ECLI:NL:CRVB:2022:1080

Centrale Raad van Beroep

Datum uitspraak
26 april 2022
Publicatiedatum
17 mei 2022
Zaaknummer
19/4691 PW
Instantie
Centrale Raad van Beroep
Type
Uitspraak
Rechtsgebied
Bestuursrecht; Socialezekerheidsrecht
Procedures
  • Hoger beroep
Rechters
Vindplaatsen
  • Rechtspraak.nl
AI samenvatting door LexboostAutomatisch gegenereerd

Intrekking van bijstand wegens schending van de inlichtingenverplichting en op geld waardeerbare werkzaamheden

In deze zaak heeft de Centrale Raad van Beroep op 26 april 2022 uitspraak gedaan in hoger beroep over de intrekking van bijstand aan appellant, die niet had gemeld dat hij opnieuw in dienst was getreden bij een restaurant. Appellant ontving sinds 11 augustus 2016 bijstand op grond van de Participatiewet (PW) en werkte sinds maart 2017 bij het restaurant. Na een melding van gedeeltelijk zwart werken, heeft de gemeente Amsterdam een onderzoek ingesteld naar de rechtmatigheid van de bijstand.

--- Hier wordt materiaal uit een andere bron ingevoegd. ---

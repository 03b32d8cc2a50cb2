//! Emitters, made and set.
ghost use Rattle.std.specs.Prelude.{◌≡◌, false};

use crate::tests::equal;
use std::alloc::Global;
use std::process::Abort;
use yaml_dump::{
    Quotes, Settings, YAML_CRLN_BREAK, YAML_UTF16LE_ENCODING, yaml_emitter_delete,
    yaml_emitter_initialize, yaml_emitter_set_break, yaml_emitter_set_canonical,
    yaml_emitter_set_encoding, yaml_emitter_set_indent, yaml_emitter_set_indented_sequences,
    yaml_emitter_set_line_breaks_1_2, yaml_emitter_set_output_string, yaml_emitter_set_portable,
    yaml_emitter_set_quotes, yaml_emitter_set_unicode, yaml_emitter_set_width, yaml_emitter_t,
    yaml_error_t,
};

/// Makes an emitter for a stream of at most `limit` bytes in UTF-16, with lines of at most 120 characters.
fn emitter_of(alloc: Global, limit: usize) -> Result<yaml_emitter_t<Global>, yaml_error_t> {
    let settings = Settings {
        limit,
        encoding: YAML_UTF16LE_ENCODING,
        width: Some(120),
        ..Settings::default()
    };
    yaml_emitter_t::with_settings(alloc, settings)
}

/// Sets how texts are written.
fn set_texts(emitter: &mut yaml_emitter_t<Global>)
    requires { emitter.old.started ≡ false }
    ensures { emitter.new.started ≡ false }
{
    yaml_emitter_set_canonical(emitter, false);
    yaml_emitter_set_unicode(emitter, true);
    yaml_emitter_set_quotes(emitter, Quotes::Double);
    yaml_emitter_set_portable(emitter, true);
}

/// Sets how lines are laid out.
fn set_lines(emitter: &mut yaml_emitter_t<Global>)
    requires { emitter.old.started ≡ false }
{
    yaml_emitter_set_indent(emitter, 4);
    yaml_emitter_set_width(emitter, 120);
    yaml_emitter_set_break(emitter, YAML_CRLN_BREAK);
    yaml_emitter_set_line_breaks_1_2(emitter, true);
    yaml_emitter_set_indented_sequences(emitter, true);
}

/// Makes an emitter with every setting set, for a stream of at most `limit` bytes.
fn emitter_set(alloc: Global, limit: usize) -> Result<yaml_emitter_t<Global>, yaml_error_t> {
    let mut emitter = yaml_emitter_initialize(alloc)?;
    yaml_emitter_set_output_string(&mut emitter, limit);
    yaml_emitter_set_encoding(&mut emitter, YAML_UTF16LE_ENCODING);
    set_texts(&mut emitter);
    set_lines(&mut emitter);
    Ok(emitter)
}

// Nothing was begun, and nothing is queued.
fn check_unstarted(rt: &impl Abort, emitter: &yaml_emitter_t<Global>) {
    let known = (emitter.has_output(), emitter.encoding_known());
    equal(rt, &known, &(true, true));
    let stream = (
        emitter.is_started(),
        emitter.is_opened(),
        emitter.is_closed(),
    );
    equal(rt, &stream, &(false, false, false));
    let made = (emitter.output(), emitter.error(), emitter.held());
    equal(rt, &made, &(b"".as_slice(), None, 0));
}

#[test]
fn an_emitter_is_set_before_its_stream(rt: HostRuntime) {
    let emitter = emitter_of(rt.alloc(), 1_000).expect(&rt, "no memory");
    check_unstarted(&rt, &emitter);
    yaml_emitter_delete(emitter);
    let emitter = emitter_set(rt.alloc(), 1_000).expect(&rt, "no memory");
    check_unstarted(&rt, &emitter);
    yaml_emitter_delete(emitter);
}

Het college heeft vastgesteld dat appellant de inlichtingenverplichting heeft geschonden door zijn werkzaamheden niet te melden, waardoor niet kon worden vastgesteld of hij recht had op bijstand. De rechtbank heeft het beroep van appellant tegen de besluiten van het college ongegrond verklaard.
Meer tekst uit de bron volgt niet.